◆ **Exercise**
Word for word, restate every line from the one with "let n = (sets.len() / 16) as u32;" through the end of the records below, both included, and add nothing.

◆ **Records supplied**
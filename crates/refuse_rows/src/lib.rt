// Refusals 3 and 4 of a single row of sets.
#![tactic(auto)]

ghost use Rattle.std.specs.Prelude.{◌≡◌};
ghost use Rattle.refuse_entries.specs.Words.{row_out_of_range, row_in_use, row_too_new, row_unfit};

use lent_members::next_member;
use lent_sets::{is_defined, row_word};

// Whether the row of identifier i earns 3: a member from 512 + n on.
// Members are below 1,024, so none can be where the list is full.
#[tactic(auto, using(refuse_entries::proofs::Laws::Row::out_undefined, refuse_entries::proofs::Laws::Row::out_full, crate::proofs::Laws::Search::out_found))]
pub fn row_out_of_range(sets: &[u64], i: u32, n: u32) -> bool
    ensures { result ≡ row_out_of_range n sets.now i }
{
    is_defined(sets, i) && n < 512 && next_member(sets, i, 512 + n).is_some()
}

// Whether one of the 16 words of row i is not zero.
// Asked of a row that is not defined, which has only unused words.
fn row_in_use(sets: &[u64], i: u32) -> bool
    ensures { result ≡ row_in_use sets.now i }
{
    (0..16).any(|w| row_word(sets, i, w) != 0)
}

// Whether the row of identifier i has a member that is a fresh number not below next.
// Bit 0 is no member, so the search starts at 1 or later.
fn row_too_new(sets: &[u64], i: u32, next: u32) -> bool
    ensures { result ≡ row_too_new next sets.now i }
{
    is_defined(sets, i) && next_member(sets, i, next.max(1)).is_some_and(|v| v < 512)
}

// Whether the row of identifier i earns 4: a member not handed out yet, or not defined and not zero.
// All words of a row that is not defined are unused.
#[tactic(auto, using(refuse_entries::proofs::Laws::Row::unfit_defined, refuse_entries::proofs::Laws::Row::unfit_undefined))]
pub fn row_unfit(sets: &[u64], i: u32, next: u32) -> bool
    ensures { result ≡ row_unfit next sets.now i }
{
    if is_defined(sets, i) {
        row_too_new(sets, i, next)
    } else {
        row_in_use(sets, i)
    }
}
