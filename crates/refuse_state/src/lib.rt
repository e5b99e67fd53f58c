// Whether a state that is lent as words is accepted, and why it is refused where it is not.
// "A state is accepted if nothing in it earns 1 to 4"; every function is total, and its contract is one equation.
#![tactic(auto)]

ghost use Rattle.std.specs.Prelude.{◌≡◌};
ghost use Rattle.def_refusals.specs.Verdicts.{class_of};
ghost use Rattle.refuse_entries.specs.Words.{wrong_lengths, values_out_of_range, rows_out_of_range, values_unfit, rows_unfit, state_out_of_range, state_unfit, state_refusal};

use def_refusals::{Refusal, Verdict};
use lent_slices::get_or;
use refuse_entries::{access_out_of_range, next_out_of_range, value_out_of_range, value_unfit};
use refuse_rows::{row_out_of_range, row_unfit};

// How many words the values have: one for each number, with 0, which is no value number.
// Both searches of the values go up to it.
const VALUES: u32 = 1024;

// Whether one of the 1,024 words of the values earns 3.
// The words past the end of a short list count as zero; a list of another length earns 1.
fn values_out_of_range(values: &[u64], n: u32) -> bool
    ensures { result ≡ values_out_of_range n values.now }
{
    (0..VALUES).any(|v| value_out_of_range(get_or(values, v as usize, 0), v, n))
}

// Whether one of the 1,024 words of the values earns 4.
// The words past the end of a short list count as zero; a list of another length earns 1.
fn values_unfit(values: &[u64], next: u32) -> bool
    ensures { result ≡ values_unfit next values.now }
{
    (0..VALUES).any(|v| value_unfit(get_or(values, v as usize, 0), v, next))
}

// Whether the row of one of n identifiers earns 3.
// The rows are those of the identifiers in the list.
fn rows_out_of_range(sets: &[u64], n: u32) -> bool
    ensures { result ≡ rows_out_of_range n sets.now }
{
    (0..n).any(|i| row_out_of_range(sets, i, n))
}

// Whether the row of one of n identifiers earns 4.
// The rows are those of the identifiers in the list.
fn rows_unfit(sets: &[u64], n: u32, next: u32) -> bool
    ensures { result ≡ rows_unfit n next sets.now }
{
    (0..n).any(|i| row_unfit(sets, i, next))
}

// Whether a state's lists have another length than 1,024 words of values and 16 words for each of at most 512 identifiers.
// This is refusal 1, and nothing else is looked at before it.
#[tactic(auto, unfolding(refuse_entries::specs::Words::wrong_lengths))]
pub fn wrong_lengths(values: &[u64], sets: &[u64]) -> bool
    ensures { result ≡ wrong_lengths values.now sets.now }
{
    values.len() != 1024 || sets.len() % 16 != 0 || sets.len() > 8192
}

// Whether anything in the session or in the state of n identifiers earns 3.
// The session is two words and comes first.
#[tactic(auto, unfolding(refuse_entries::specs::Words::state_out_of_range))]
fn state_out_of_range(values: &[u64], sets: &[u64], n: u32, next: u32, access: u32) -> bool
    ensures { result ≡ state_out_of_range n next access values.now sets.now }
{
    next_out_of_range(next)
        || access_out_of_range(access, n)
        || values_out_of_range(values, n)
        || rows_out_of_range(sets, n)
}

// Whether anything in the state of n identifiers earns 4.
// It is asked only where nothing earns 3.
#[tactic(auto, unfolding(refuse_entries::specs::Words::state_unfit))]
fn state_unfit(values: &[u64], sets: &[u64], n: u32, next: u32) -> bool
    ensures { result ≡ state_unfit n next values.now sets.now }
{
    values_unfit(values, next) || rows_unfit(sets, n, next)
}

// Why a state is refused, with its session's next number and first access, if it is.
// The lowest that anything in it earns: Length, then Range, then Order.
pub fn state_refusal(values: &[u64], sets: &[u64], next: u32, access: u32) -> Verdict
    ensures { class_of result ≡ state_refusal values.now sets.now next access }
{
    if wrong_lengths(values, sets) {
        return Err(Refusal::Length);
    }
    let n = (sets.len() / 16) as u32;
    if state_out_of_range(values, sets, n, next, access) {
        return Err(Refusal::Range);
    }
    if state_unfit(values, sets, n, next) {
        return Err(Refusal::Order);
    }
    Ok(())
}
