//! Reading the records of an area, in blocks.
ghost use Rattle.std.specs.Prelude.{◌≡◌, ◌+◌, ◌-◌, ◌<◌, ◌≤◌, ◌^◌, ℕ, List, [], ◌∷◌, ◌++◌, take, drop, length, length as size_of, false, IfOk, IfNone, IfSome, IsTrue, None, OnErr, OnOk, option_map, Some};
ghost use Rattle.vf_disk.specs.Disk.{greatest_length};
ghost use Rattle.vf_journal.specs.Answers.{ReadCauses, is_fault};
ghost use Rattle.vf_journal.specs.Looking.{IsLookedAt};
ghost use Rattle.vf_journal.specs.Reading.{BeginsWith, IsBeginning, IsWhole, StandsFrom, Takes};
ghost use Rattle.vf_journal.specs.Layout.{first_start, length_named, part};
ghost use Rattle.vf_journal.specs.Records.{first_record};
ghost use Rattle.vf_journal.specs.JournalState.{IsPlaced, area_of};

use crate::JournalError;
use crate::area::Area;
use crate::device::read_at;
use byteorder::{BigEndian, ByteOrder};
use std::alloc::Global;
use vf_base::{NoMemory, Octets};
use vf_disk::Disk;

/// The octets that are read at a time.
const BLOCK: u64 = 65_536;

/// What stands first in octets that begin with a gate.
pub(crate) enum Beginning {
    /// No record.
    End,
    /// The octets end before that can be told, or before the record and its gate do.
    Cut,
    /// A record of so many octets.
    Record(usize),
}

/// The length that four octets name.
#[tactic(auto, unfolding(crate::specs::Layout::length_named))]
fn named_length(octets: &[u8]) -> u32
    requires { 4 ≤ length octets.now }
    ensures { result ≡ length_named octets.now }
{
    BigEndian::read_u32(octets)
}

◆ **Answer to this task**
    let n = (sets.len() / 16) as u32;
    if state_out_of_range(values, sets, n, next, access) {
        return Err(Refusal::Range);
    }
    if state_unfit(values, sets, n, next) {
        return Err(Refusal::Order);
    }
    Ok(())
}
//! Reading the records of an area, in blocks.
ghost use Rattle.std.specs.Prelude.{◌≡◌, ◌+◌, ◌-◌, ◌<◌, ◌≤◌, ◌^◌, ℕ, List, [], ◌∷◌, ◌++◌, take, drop, length, length as size_of, false, IfOk, IfNone, IfSome, IsTrue, None, OnErr, OnOk, option_map, Some};
ghost use Rattle.vf_disk.specs.Disk.{greatest_length};
ghost use Rattle.vf_journal.specs.Answers.{ReadCauses, is_fault};
ghost use Rattle.vf_journal.specs.Looking.{IsLookedAt};
ghost use Rattle.vf_journal.specs.Reading.{BeginsWith, IsBeginning, IsWhole, StandsFrom, Takes};
ghost use Rattle.vf_journal.specs.Layout.{first_start, length_named, part};
ghost use Rattle.vf_journal.specs.Records.{first_record};
ghost use Rattle.vf_journal.specs.JournalState.{IsPlaced, area_of};

use crate::JournalError;
use crate::area::Area;
use crate::device::read_at;
use byteorder::{BigEndian, ByteOrder};
use std::alloc::Global;
use vf_base::{NoMemory, Octets};
use vf_disk::Disk;

/// The octets that are read at a time.
const BLOCK: u64 = 65_536;

/// What stands first in octets that begin with a gate.
pub(crate) enum Beginning {
    /// No record.
    End,
    /// The octets end before that can be told, or before the record and its gate do.
    Cut,
    /// A record of so many octets.
    Record(usize),
}

/// The length that four octets name.
#[tactic(auto, unfolding(crate::specs::Layout::length_named))]
fn named_length(octets: &[u8]) -> u32
    requires { 4 ≤ length octets.now }
    ensures { result ≡ length_named octets.now }
{
    BigEndian::read_u32(octets)
}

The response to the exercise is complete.